На сборы давали один час, а вещей разрешили взять столько, сколько смогут унести сами, и бросилась вся семья трясущимися руками собирать то, самое необходимое, что могло пригодиться для будущей жизни. Смутно догадывались: повезут на Север, а спросить было не у кого — сопровождающие грузовик люди были незнакомы, молчаливы и угрюмы. Помимо всякого самого необходимого для хозяйства, Оксана в свой узел еще запихала, вместе с плюшевой шубой, сапожками с ушками по бокам, и свой знаменитый расшитый полушалок.
Все было как в дурном долгом сне и кончилось тем, что, слава богу, вместе и со своими узлами и мешками они с последним пароходом, уже под осень, попали в Туруханск…
Силясь понять все, происшедшее с семьей, Оксана чувствовала, что, пожалуй, во многом виноват тот жених-комсомолец, которому отказала Мария, но о своих догадках молчала и не хотела растравлять и без того впавшую в отчаяние дочь.
Как случилось, что Остап остался при жене и бабке, — было непонятно. Кроме раскулаченных, репрессированных и верующих, были в Туруханске и высланные с родных южных мест, жены караимов, грузин, получившие общую кличку «гречек», то есть гречанок. «Гречки» рассказывали, как к ним приезжали на грузовиках, сообщали об их судьбе, ничего толком не разъясняя, забирали целые семьи и отвозили на ближайшую станцию, где стояли уже подготовленные составы из теплушек. Тут семьи разбивали и, для «удобства» переселяемых, всех мужчин помещали в одни вагоны, а женщин, детей и домашние вещи оставляли в других. То, что все вещи оставались при женщинах, их успокаивало, к тому же были слухи, что все это происходит на малых станциях и что впереди, в крупных городах, их ждут спецпоезда.
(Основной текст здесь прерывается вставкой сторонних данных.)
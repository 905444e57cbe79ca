//! Glances at the chunks to which the index leads: looks without a reference, which write nothing.
ghost use Rattle.std.specs.Prelude.{◌≡◌, ◌≢◌, ◌+◌, ◌≤◌, true, false, length};
ghost use Rattle.bump_steps.specs.References.{label_of_row};
ghost use Rattle.bump_readers.specs.Glances.{IsGlancing};
ghost use Rattle.cache_readers.specs.declared.glancing.Glanced.TheVariants as glanced;
ghost use Rattle.cache_index.specs.History.{Looks, SeesIndex};
ghost use Rattle.cache_readers.specs.Glances.{GlanceFinds, GlancesInVain, HasWords, IfUnsure, Reads};
ghost use Rattle.cache_readers.specs.Misses.{IsAbsent};

use bump_readers::{Glance, Name, ReaderHeads};
use bump_rules::{ItemId, has_expired};
use bump_steps::RowLaw;
use bump_unlocked::Worker;
use cache_index::{Eye, IndexReader};

/// What a reader's glance for a key came to.
pub enum Glanced {
    /// It found the key's value: that is a hit.
    Found,

    /// The index leads to no chunk for the key's hash: that is a miss.
    Nothing,

    /// It told nothing of the life to which the index leads first: `WordReader::get_held` goes on from that.
    Unsure(ItemId),
}

// The label that the glance loads.
#[inline(always)]
fn load_label<N: Name, L: RowLaw>(
    worker: &mut Worker<N>,
    heads: &ReaderHeads<N, L>,
    glance: &Glance<N>,
) -> u64
    requires glance { IsGlancing glance.now worker.old.sheet }
    ensures reads { Reads (λ row. result ≡ label_of_row row) worker.old worker.new }
{
    worker.glance_label(heads, glance)
}

// Whether the words that the glance loads are the key's.
#[inline(always)]
fn has_key_words<N: Name, L: RowLaw>(
    worker: &mut Worker<N>,
    heads: &ReaderHeads<N, L>,
    glance: &Glance<N>,
    key: &[u64],
) -> bool
    requires glance { IsGlancing glance.now worker.old.sheet }
    requires few { length key.now ≤ N.table.slots }
    ensures reads { Reads (λ row. result ≡ true → HasWords key.now 0 row) worker.old worker.new }
{
    let _further = heads.further();
    for index in 0..key.len() {
        if worker.glance_word(heads, glance, index as u32) != key[index] {
            return false;
        }
    }
    true
}

// Loads words by the glance, from this further word on.
#[inline(always)]
fn load_words<N: Name, L: RowLaw>(
    worker: &mut Worker<N>,
    heads: &ReaderHeads<N, L>,
    glance: &Glance<N>,
    from: usize,
    words: &mut [u64],
)
    requires glance { IsGlancing glance.now worker.old.sheet }
    requires few { from + length words.old ≤ N.table.slots }
    ensures reads { Reads (HasWords words.new from) worker.old worker.new }
    ensures length { length words.new ≡ length words.old }
{
    let _further = heads.further();
    for index in 0..words.len() {
        words[index] = worker.glance_word(heads, glance, (from + index) as u32);
    }
}

// Glances at a life, where `glances` says so: whether it is linked, has both marks and the key, hasn't expired, and is
// still linked when its value was read. Then a touch would change nothing, and each word that was read is the life's.
#[inline(always)]
pub(crate) fn glance_at<N: Name, L: RowLaw>(
    worker: &mut Worker<N>,
    heads: &ReaderHeads<N, L>,
    id: ItemId,
    key: &[u64],
    value: &mut [u64],
    glances: bool,
    now: u64,
) -> bool
    requires few { length key.now + length value.old ≤ N.table.slots }
    ensures finds { result ≡ true → GlanceFinds L.law key.now value.new now worker.old worker.new }
    ensures led { result ≡ true → IsGlancing id worker.new.sheet }
    ensures vain { result ≡ false → GlancesInVain id.chunk worker.old worker.new }
    ensures none { glances ≡ false → result ≡ false }
    ensures length { length value.new ≡ length value.old }
{
    if !glances {
        return false;
    }
    let Some((glance, found)) = worker.glance(heads, id.chunk) else {
        return false;
    };
    // Tested beside the look for LINKED, the marks are one comparison with it.
    if !found.fetched || !found.active {
        return false;
    }
    if found.generation != id.generation {
        return false;
    }
    if has_expired(load_label(worker, heads, &glance), now) {
        return false;
    }
    if !has_key_words(worker, heads, &glance, key) {
        return false;
    }
    load_words(worker, heads, &glance, key.len(), value);
    let last = worker.end_glance(heads, glance);
    last.linked && last.generation == id.generation
}

// Glances at the first life to which the index leads for this hash, where `glances` says so.
#[inline(always)]
pub(crate) fn glance_first<N: Name, L: RowLaw>(
    worker: &mut Worker<N>,
    heads: &ReaderHeads<N, L>,
    index: &IndexReader,
    eye: &mut Eye,
    hash: u32,
    key: &[u64],
    value: &mut [u64],
    glances: bool,
    now: u64,
) -> Glanced
    requires few { length key.now + length value.old ≤ N.table.slots }
    requires eye { SeesIndex index.now eye.old }
    ensures found { result ≡ glanced.Found → GlanceFinds L.law key.now value.new now worker.old worker.new }
    ensures nothing { result ≡ glanced.Nothing → worker.new ≡ worker.old }
    ensures absent { result ≡ glanced.Nothing → IsAbsent hash key.now index.now worker.old eye.old worker.new eye.new }
    ensures looks { Looks eye.old eye.new }
    ensures unsure { IfUnsure result (λ id. GlancesInVain id.chunk worker.old worker.new) }
    ensures none { glances ≡ false → result ≢ glanced.Found }
    ensures length { length value.new ≡ length value.old }
{
    let mut search = index.search(eye, hash);
    let Some(id) = search.next(eye) else {
        return Glanced::Nothing;
    };
    if glance_at(worker, heads, id, key, value, glances, now) {
        return Glanced::Found;
    }
    Glanced::Unsure(id)
}
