impl<N: Name, L: RowLaw> WordReader<N, L> {
    /// A reader that got nothing yet: by a worker of the store of these heads, and a reader of the index that leads to
    /// its items, with an eye of that index.
    pub fn new(
        worker: Worker<N>,
        heads: Arc<Heads<N, L>, Global>,
        index: IndexReader,
        eye: Eye,
    ) -> WordReader<N, L>
        requires { SeesIndex index eye }
        ensures { result ≡ new_reader (arc_value heads) index eye worker }
    {
        WordReader {
            worker,
            heads,
            index,
            eye,
            hits: 0,
            misses: 0,
            anew: 0,
            missed: Miss::Unknown,
        }
    }

    /// The words of the store's chunks: what `Hold::release` and `Hold::word` of a hold of this reader take.
    #[inline(always)]
    pub fn heads(&self) -> &ReaderHeads<N, L>
        ensures { result.now ≡ self.now.config }
    {
        &self.heads
    }

    // Finds the item of a key by a glance, and reads its value, or by a hold, and does nothing else.
    #[inline(always)]
    fn see(
        &mut self,
        hash: u32,
        key: &[u64],
        value: &mut [u64],
        now: u64,
    ) -> Option<Option<(Hold<N>, Head)>>
        requires few { length key.now + length value.old ≤ N.table.slots }
        ensures finds { IfSome result (λ sight. FoundBy (LookFinds L.law self.old.config key.now value.new now sight)
            self.old.config key.now now self.old.anew self.new.anew self.old.worker self.new.worker) }
        ensures nothing { IfNone result (ReadsNothing key.now now self.old self.new) }
        ensures absent { IfNone result (ReadsMissed hash key.now now self.old self.new) }
        ensures uncounted { CountsNothing (is_some result) self.old self.new }
        ensures length { length value.new ≡ length value.old }
        ensures ring { KeepsRing self.old self.new }
    {
        let found = find(
            &mut self.worker,
            &self.heads,
            &self.index,
            &mut self.eye,
            &mut self.anew,
            hash,
            key,
            value,
            true,
            now,
        );
        match found {
            Ok(sight) => Some(sight),
            Err(why) => {
                self.missed = why;
                None
            }
        }
    }

    /// Reads the value that was put under a key into `value`, as memcached's `get`, and tells whether there was one
    /// that hasn't expired. `hash` is the key's, any number for a key that isn't there. `now` is the time, in the
    /// caller's ticks: a touch stores it, and an item whose label isn't 0, and isn't more than it, has expired. The
    /// words of `key` and `value` are as many as a row has, or fewer, together. It takes no lock and no memory, and
    /// waits for nobody.
    ///
    /// It searches the index, and looks at each chunk to which it leads. First it glances at the item that is linked
    /// there: it loads the head, the label, the words of the key and of the value, and the head again. Where the item
    /// has both marks and the key, hasn't expired, and is linked as ever by the second load, that is a hit: a touch
    /// would change nothing, and nothing was written but the count of hits.
    ///
    /// Else it takes a hold of the item that is linked there then, and compares its key. Where that is another one the
    /// hold is given back, and the search goes on. Where it is the key, and the item has expired, the hold is given back
    /// too, and the search ends: the item stays linked. Else the item is touched, as `Worker::touch` does, unless the
    /// head by which the hold was taken had both marks; the value is read, and the hold given back. What it read are
    /// the words that the put of this life stored.
    ///
    /// Where a life to which the index led has ended meanwhile, or its chunk can't be held, it searches anew, up to 1,000
    /// times. It answers false where the item with the key has expired, where the index leads to no chunk with the key,
    /// and behind the last of these searches; nothing is touched then, and `value` has any words, since a glance in vain
    /// may have loaded some. Why it found nothing `last_miss` tells, and what each answer of that means is said of `Miss`.
    #[inline(always)]
    pub fn get(&mut self, hash: u32, key: &[u64], value: &mut [u64], now: u64) -> bool
        requires few { length key.now + length value.old ≤ N.table.slots }
        ensures found { result ≡ true → Finds L.law self.old.config key.now value.new now self.old.anew self.new.anew
            self.old.worker self.new.worker }
        ensures counted { result ≡ true → CountsHit self.old self.new }
        ensures nothing { result ≡ false → ReadsNothing key.now now self.old self.new }
        ensures absent { result ≡ false → ReadsMissed hash key.now now self.old self.new }
        ensures missed { result ≡ false → CountsMiss self.old self.new }
        ensures length { length value.new ≡ length value.old }
        ensures ring { KeepsRing self.old self.new }
    {
        match self.glance(hash, key, value, now) {
            Glanced::Found => true,
            Glanced::Nothing => false,
            Glanced::Unsure(id) => self.get_held(id, hash, key, value, now),
        }
    }

    /// What a get does first: a glance at the first life to which the index leads for this hash. Where it finds the
    /// key's value, or the index leads to nothing, the get is over, and is counted. Else nothing is, `value` has any
    /// words, and `get_held` goes on. The words of `key` and `value` are as many as a row has, or fewer, together.
    ///
    /// It is for who keeps short keys and values in registers: `get_held` is a call, and wants both in memory.
    #[inline(always)]
    pub fn glance(&mut self, hash: u32, key: &[u64], value: &mut [u64], now: u64) -> Glanced
        requires few { length key.now + length value.old ≤ N.table.slots }
        ensures found { result ≡ glanced.Found → Finds L.law self.old.config key.now value.new now self.old.anew
            self.new.anew self.old.worker self.new.worker }
        ensures counted { result ≡ glanced.Found → CountsHit self.old self.new }
        ensures nothing { result ≡ glanced.Nothing → ReadsNothing key.now now self.old self.new }
        ensures absent { result ≡ glanced.Nothing → ReadsMissed hash key.now now self.old self.new }
        ensures missed { result ≡ glanced.Nothing → CountsMiss self.old self.new }
        ensures unsure { IfUnsure result (λ id. GlancedAt id self.old self.new) }
        ensures length { length value.new ≡ length value.old }
        ensures ring { KeepsRing self.old self.new }
    {
        // The words of the chunks are looked up once: the compiler can't know that no step changes where they lie.
        let heads: &ReaderHeads<N, L> = &self.heads;
        let told = glance_first(
            &mut self.worker,
            heads,
            &self.index,
            &mut self.eye,
            hash,
            key,
            value,
            true,
            now,
        );
        match &told {
            Glanced::Found => count_one(&mut self.hits),
            Glanced::Nothing => {
                count_one(&mut self.misses);
                self.missed = Miss::Absent;
            }
            Glanced::Unsure(_) => {}
        }
        told
    }

    /// What a get does then: it goes on from the life at which `glance` told nothing, by a hold of what is linked in its
    /// chunk. It answers, touches, counts and writes as `get` says. Most gets are over by a glance: so this is a function
    /// of its own, which takes no registers from them.
    #[cold]
    #[inline(never)]
    pub fn get_held(
        &mut self,
        id: ItemId,
        hash: u32,
        key: &[u64],
        value: &mut [u64],
        now: u64,
    ) -> bool
        requires few { length key.now + length value.old ≤ N.table.slots }
        ensures found { (before : TheReaderView) → GlancedAt id before self.old → result ≡ true → Finds L.law
            before.config key.now value.new now before.anew self.new.anew before.worker self.new.worker }
        ensures counted { result ≡ true → CountsHit self.old self.new }
        ensures nothing { (before : TheReaderView) → GlancedAt id before self.old → result ≡ false
            → ReadsNothing key.now now before self.new }
        ensures absent { (before : TheReaderView) → GlancedAt id before self.old → result ≡ false
            → ReadsMissed hash key.now now before self.new }
        ensures missed { result ≡ false → CountsMiss self.old self.new }
        ensures length { length value.new ≡ length value.old }
        ensures ring { KeepsRing self.old self.new }
    {
        let heads: &ReaderHeads<N, L> = &self.heads;
        let found = find_from(
            &mut self.worker,
            heads,
            &self.index,
            &mut self.eye,
            &mut self.anew,
            id,
            hash,
            key,
            value,
            true,
            now,
        );
        let sight = match found {
            Ok(sight) => sight,
            Err(why) => {
                count_one(&mut self.misses);
                self.missed = why;
                return false;
            }
        };
        count_one(&mut self.hits);
        let Some((mut hold, head)) = sight else {
            return true;
        };
        touch(&mut self.worker, heads, &mut hold, head, now);
        read_words(&mut hold, heads, key.len(), value);
        hold.release(heads);
        true
    }

    /// The same, but hands out the hold of the item, whose value isn't read yet; or `None` where `get` answers false.
    /// It searches, touches and counts as `get` does, without a glance. The words of `key` are as many as a row has, or
    /// fewer. While there is the hold its item's chunk isn't free, and keeps its words, whatever is put, removed or
    /// evicted meanwhile, and also once it has expired. It must be spent, by `Hold::release` with `heads`.
    #[inline(always)]
    pub fn hold(&mut self, hash: u32, key: &[u64], now: u64) -> Option<Hold<N>>
        requires few { length key.now ≤ N.table.slots }
        ensures found { IfSome result (λ hold. Hits L.law self.old.config key.now now self.old.anew self.new.anew
            self.old.worker self.new.worker hold) }
        ensures counted { IfSome result (λ hold. CountsHit self.old self.new) }
        ensures missed { IfNone result (Misses key.now now self.old self.new) }
        ensures absent { IfNone result (ReadsMissed hash key.now now self.old self.new) }
        ensures ring { KeepsRing self.old self.new }
    {
        let taken = take(
            &mut self.worker,
            &self.heads,
            &self.index,
            &mut self.eye,
            &mut self.hits,
            &mut self.misses,
            &mut self.anew,
            hash,
            key,
            now,
        );
        match taken {
            Ok(hold) => Some(hold),
            Err(why) => {
                self.missed = why;
                None
            }
        }
    }

    /// Reads words of an item that is held into `words`, as many as it has, by one load each: `from` is the first one's
    /// number in the row, behind the label. The row has so many from there on, or more. Nothing changes.
    #[inline(always)]
    pub fn read(&self, hold: &mut Hold<N>, from: usize, words: &mut [u64])
        requires few { from + length words.old ≤ N.table.slots }
        ensures read { HasWords words.new from hold.old.row }
        ensures length { length words.new ≡ length words.old }
        ensures same { hold.new ≡ hold.old }
    {
        read_words(hold, &self.heads, from, words);
    }

    /// Reads the value as `get` does, of an item that hasn't expired at `now`, but the item isn't touched, and nothing
    /// is counted: so it may be evicted as if it hadn't been asked for.
    #[inline(always)]
    pub fn peek(&mut self, hash: u32, key: &[u64], value: &mut [u64], now: u64) -> bool
        requires few { length key.now + length value.old ≤ N.table.slots }
        ensures found { result ≡ true → Peeks L.law self.old.config key.now value.new now self.old.anew self.new.anew
            self.old.worker self.new.worker }
        ensures nothing { result ≡ false → ReadsNothing key.now now self.old self.new }
        ensures absent { result ≡ false → ReadsMissed hash key.now now self.old self.new }
        ensures uncounted { CountsNothing result self.old self.new }
        ensures length { length value.new ≡ length value.old }
        ensures ring { KeepsRing self.old self.new }
    {
        let Some(sight) = self.see(hash, key, value, now) else {
            return false;
        };
        let Some((mut hold, _)) = sight else {
            return true;
        };
        read_words(&mut hold, &self.heads, key.len(), value);
        hold.release(&self.heads);
        true
    }

    /// Whether there is a value under a key that hasn't expired at `now`: `peek` without the value. The words of `key`
    /// are as many as a row has, or fewer.
    #[inline(always)]
    pub fn contains(&mut self, hash: u32, key: &[u64], now: u64) -> bool
        requires few { length key.now ≤ N.table.slots }
        ensures found { result ≡ true → Sees L.law self.old.config key.now now self.old.anew self.new.anew
            self.old.worker self.new.worker }
        ensures nothing { result ≡ false → ReadsNothing key.now now self.old self.new }
        ensures absent { result ≡ false → ReadsMissed hash key.now now self.old self.new }
        ensures uncounted { CountsNothing result self.old self.new }
        ensures ring { KeepsRing self.old self.new }
    {
        let Some(sight) = self.see(hash, key, &mut [], now) else {
            return false;
        };
        let Some((hold, _)) = sight else {
            return true;
        };
        hold.release(&self.heads);
        true
    }

    /// Loads the word of the index at which a search for this hash begins, and lets it go: a search for the same hash
    /// that comes soon needn't wait for the memory in which the word lies. Nothing changes, and nothing is told. It
    /// takes no lock and no memory, and waits for nobody.
    #[inline(always)]
    pub fn look_ahead(&self, hash: u32) {
        self.index.look_ahead(hash);
    }

    /// How many gets found something (memcached's `get_hits`), in 64 bits: behind 2^64 - 1 it begins anew at 0.
    pub fn hits(&self) -> u64
        ensures { result ≡ self.now.hits }
    {
        self.hits
    }

    /// How many gets found nothing (memcached's `get_misses`), in the same way.
    pub fn misses(&self) -> u64
        ensures { result ≡ self.now.misses }
    {
        self.misses
    }

    /// How many searches of this reader were given up, since a life to which the index led had ended meanwhile, or its
    /// chunk couldn't be held; in the same way.
    pub fn searched_anew(&self) -> u64
        ensures { result ≡ self.now.anew }
    {
        self.anew
    }

    /// Why the last get, hold, peek or `contains` of this reader that found nothing did so; `Unknown` where each found
    /// something so far.
    pub fn last_miss(&self) -> Miss
        ensures { result ≡ self.now.missed }
    {
        self.missed
    }

    /// Its counts of bumps, as `Worker::counts` tells them: accepted and dropped ones add up to those attempted.
    pub fn bumps(&self) -> Accounts
        ensures counts { result ≡ self.now.worker.sheet.accounts }
        ensures add_up { IsAccounts result (length self.now.worker.sender.sent) hand.Idle }
    {
        self.worker.counts()
    }
}
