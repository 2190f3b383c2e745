//! What a row is over a stack whose top words may stand in registers, and the moves in which rows are made.
#![tactic(auto)]

mod places;
mod results;
mod words;

pub use places::{put, read_at, read_byte, write_at, write_byte};
pub use results::{delete_coded, leave_coded, pass, settle};
pub use words::{need, push, push_all};
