//! The laws of this crate, as the contracts of functions that do nothing.
ghost use Rattle.hp_near_calls.specs.Laws.{StepsStayNear, SubroutineCallsAreNear};

/// A step stays in its segment, or begins and ends in whole mode.
pub fn steps_stay_near()
    ensures { StepsStayNear }
{}

/// What does what a call of a subroutine does, does it in the subroutine's segment.
pub fn subroutine_calls_are_near()
    ensures { SubroutineCallsAreNear }
{}
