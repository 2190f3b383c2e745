//! A subroutine is called within its segment.
#![tactic(auto)]

mod laws;

pub use laws::{steps_stay_near, subroutine_calls_are_near};
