//! Words and bytes at a place. Words in registers are read and written in their place.
ghost use Rattle.std.specs.Prelude.{◌≡◌, ◌<◌, ◌≤◌, length, IfErr, OnErr, MatchResult, Ok, Err};
ghost use Rattle.hp_word.specs.declared.endings.Trap.TheVariants.{Bounds};
ghost use Rattle.hp_session.specs.declared.registers.Regs.{Regs};
ghost use Rattle.hp_session.specs.State.{Machine};
ghost use Rattle.hp_session.specs.Places.{byte_read, byte_written, put, read_at, word_of_byte, written};
ghost use Rattle.hp_tos.specs.StackView.{seen};
ghost use Rattle.hp_rows.specs.Standing.{standing};

use hp_session::{Place, byte_of, with_byte};
use hp_tos::Stack;
use hp_word::Trap;

/// The word at a place.
#[tactic(auto, unfolding(hp_session::specs::Places::read_at, hp_session::specs::Places::area))]
pub fn read_at(stack: &Stack, place: Place) -> Result<u16, Trap>
    ensures value { (regs : Regs) (rest : Machine) → result ≡ read_at place (standing regs (seen stack.now) rest) }
    ensures trap { IfErr result (λ t. t ≡ Bounds) }
{
    let word = match place {
        Place::Db(a) => stack.read_db(a),
        Place::Stack(a) => stack.read_stack(a),
    };
    match word {
        Ok(word) => Ok(word),
        Err(_) => Err(Trap::Bounds),
    }
}

/// The place of the word that holds the byte at a byte place.
#[tactic(auto, unfolding(hp_session::specs::Places::word_of_byte))]
fn word_of_byte(place: Place) -> Place
    ensures { result ≡ word_of_byte place }
{
    match place {
        Place::Db(b) => Place::Db(b / 2),
        Place::Stack(b) => Place::Stack(b / 2),
    }
}

/// The byte at a byte place.
#[tactic(auto, unfolding(hp_session::specs::Places::byte_read))]
pub fn read_byte(stack: &Stack, place: Place) -> Result<u8, Trap>
    ensures value { (regs : Regs) (rest : Machine) → result ≡ byte_read place (standing regs (seen stack.now) rest) }
    ensures trap { IfErr result (λ t. t ≡ Bounds) }
{
    let word = read_at(stack, word_of_byte(place))?;
    Ok(byte_of(place.address() as usize, word))
}

/// Stores a word at a place. The numbers of the stack and the number of its words stay.
#[tactic(auto, unfolding(hp_session::specs::Places::written, hp_session::specs::Places::put, hp_session::specs::Places::area))]
pub fn write_at(stack: &mut Stack, place: Place, w: u16) -> Result<(), Trap>
    ensures value { (regs : Regs) (rest : Machine) → MatchResult result
        (λ _. written place w (standing regs (seen stack.old) rest) ≡ Ok (standing regs (seen stack.new) rest))
        (λ t. written place w (standing regs (seen stack.old) rest) ≡ Err t) }
    ensures trap { IfErr result (λ t. t ≡ Bounds) }
    ensures kept { seen stack.new ≡ record (seen stack.old) { words = (seen stack.new).words; extra = (seen stack.new).extra } }
    ensures same_length { length (seen stack.new).words ≡ length (seen stack.old).words }
    ensures err { OnErr result (stack.new ≡ stack.old) }
{
    let answer = match place {
        Place::Db(a) => stack.write_db(a, w),
        Place::Stack(a) => stack.write_stack(a, w),
    };
    match answer {
        Ok(()) => Ok(()),
        Err(_) => Err(Trap::Bounds),
    }
}

/// Puts a word at a place; past the end nothing changes.
#[tactic(auto, unfolding(hp_session::specs::Places::put), using(std::proofs::lemmas::List::set_past))]
pub fn put(stack: &mut Stack, place: Place, w: u16)
    ensures value { (regs : Regs) (rest : Machine) → standing regs (seen stack.new) rest ≡ put place w (standing regs (seen stack.old) rest) }
    ensures kept { seen stack.new ≡ record (seen stack.old) { words = (seen stack.new).words; extra = (seen stack.new).extra } }
    ensures same_length { length (seen stack.new).words ≡ length (seen stack.old).words }
{
    let _ = match place {
        Place::Db(a) => stack.write_db(a, w),
        Place::Stack(a) => stack.write_stack(a, w),
    };
}

/// Stores a byte at a byte place; the other byte of its word stays.
#[tactic(auto, unfolding(hp_session::specs::Places::byte_written))]
pub fn write_byte(stack: &mut Stack, place: Place, byte: u8) -> Result<(), Trap>
    ensures value { (regs : Regs) (rest : Machine) → MatchResult result
        (λ _. byte_written place byte (standing regs (seen stack.old) rest) ≡ Ok (standing regs (seen stack.new) rest))
        (λ t. byte_written place byte (standing regs (seen stack.old) rest) ≡ Err t) }
    ensures trap { IfErr result (λ t. t ≡ Bounds) }
    ensures kept { seen stack.new ≡ record (seen stack.old) { words = (seen stack.new).words; extra = (seen stack.new).extra } }
    ensures same_length { length (seen stack.new).words ≡ length (seen stack.old).words }
    ensures err { OnErr result (stack.new ≡ stack.old) }
{
    let at = word_of_byte(place);
    let word = read_at(stack, at)?;
    write_at(stack, at, with_byte(place.address() as usize, byte, word))
}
Женщины надеялись, что в этих спецпоездах их вновь объединят с мужьями и отцами, и довольно спокойно простились при посадке в разные вагоны.
На деле оказалось, что ни одна семья больше не видела своих мужчин, и, куда и на что их увезли, осталось неизвестным. При бабушках и матерях остались только дети и подростки школьного возраста. Как-то по прибытии помогли устроиться с жильем, а детей определили в школы.